▸ What to produce:
Look through the entries for the string "span" and copy every line where it shows up.

┌────────

//! States that are gathered by a search: the set of them, and the list in the order in which they
//! came.

ghost use Rattle.std.specs.Prelude.{◌≡◌, ◌<◌, IfOk, OnOk};
ghost use Rattle.useful_states.specs.Gathering.{MovesAlong, IsReachedFrom, ListsMembers, HasGained, HoldsJust};

use crate::direction::Direction;
use auto_core::{Auto, Memory, StateSet};
use std::alloc::Global;

/// The states that were gathered.
#[derive(Drop)]
pub struct Gathered {
    /// The set of them.
    pub set: StateSet,
    /// Each of them once, in the order in which they came.
    pub list: Vec<u32>,
}

impl Gathered {
    /// None of so many states.
    pub fn new(alloc: Global, states: u32) -> Result<Gathered, Memory>
        ensures { IfOk result (HoldsJust states (λ q. ⊥)) }
    {
        Ok(Gathered {
            set: StateSet::new(alloc, states)?,
            list: Vec::new(alloc),
        })
    }

    /// Adds the state, unless it is there.
    pub fn add(&mut self, state: u32) -> Result<(), Memory>
        requires listed { ListsMembers self.old }
        requires state { state < self.old.set.states }
        ensures { OnOk result (HasGained (λ q. q ≡ state) self.old self.new) }
    {
        if self.set.has(state) {
            return Ok(());
        }
        self.list.push(state)?;
        self.set.add(state);
        Ok(())
    }

    /// Adds the states to which the moves from the state lead.
    fn add_targets(&mut self, automaton: &Auto, state: u32) -> Result<(), Memory>
        requires listed { ListsMembers self.old }
        requires states { self.old.set.states ≡ automaton.now.states }
        requires state { state < automaton.now.states }
        ensures { OnOk result
            (HasGained (MovesAlong automaton.now Direction.Forward state) self.old self.new) }
    {
        let span = automaton.outgoing(state);
        for t in span.begin..span.end {
            self.add(automaton.transitions()[t as usize].target)?;
        }
        Ok(())
    }

    /// Adds the states from which moves lead to the state.
    fn add_sources(&mut self, automaton: &Auto, state: u32) -> Result<(), Memory>
        requires listed { ListsMembers self.old }
        requires states { self.old.set.states ≡ automaton.now.states }
        requires state { state < automaton.now.states }
        ensures { OnOk result
            (HasGained (MovesAlong automaton.now Direction.Backward state) self.old self.new) }
    {
        let numbers = automaton.predecessors(state);
        for k in 0..numbers.len() {
            self.add(automaton.transitions()[numbers[k] as usize].source)?;
        }
        Ok(())
    }

    /// Adds the states that one move from the state leads to.
    fn add_next(&mut self, automaton: &Auto, direction: Direction, state: u32) -> Result<(), Memory>
        requires listed { ListsMembers self.old }
        requires states { self.old.set.states ≡ automaton.now.states }
        requires state { state < automaton.now.states }
        ensures { OnOk result
            (HasGained (MovesAlong automaton.now direction state) self.old self.new) }
    {
        match direction {
            Direction::Forward => self.add_targets(automaton, state)?,
            Direction::Backward => self.add_sources(automaton, state)?,
        }
        Ok(())
    }

    /// Adds all states that any number of moves lead to from those that are there.
    pub fn close(&mut self, automaton: &Auto, direction: Direction) -> Result<(), Memory>
        requires listed { ListsMembers self.old }
        requires states { self.old.set.states ≡ automaton.now.states }
        ensures { OnOk result
            (HasGained (IsReachedFrom automaton.now direction self.old.set.members) self.old
            self.new) }
    {
        let mut at = 0;
        while at < self.list.len() {
            let state = self.list.as_slice()[at];
            self.add_next(automaton, direction, state)?;
            at = at + 1;
        }
        Ok(())
    }
}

└────────

▸ Solution for this exercise:
        let span = automaton.outgoing(state);
        for t in span.begin..span.end {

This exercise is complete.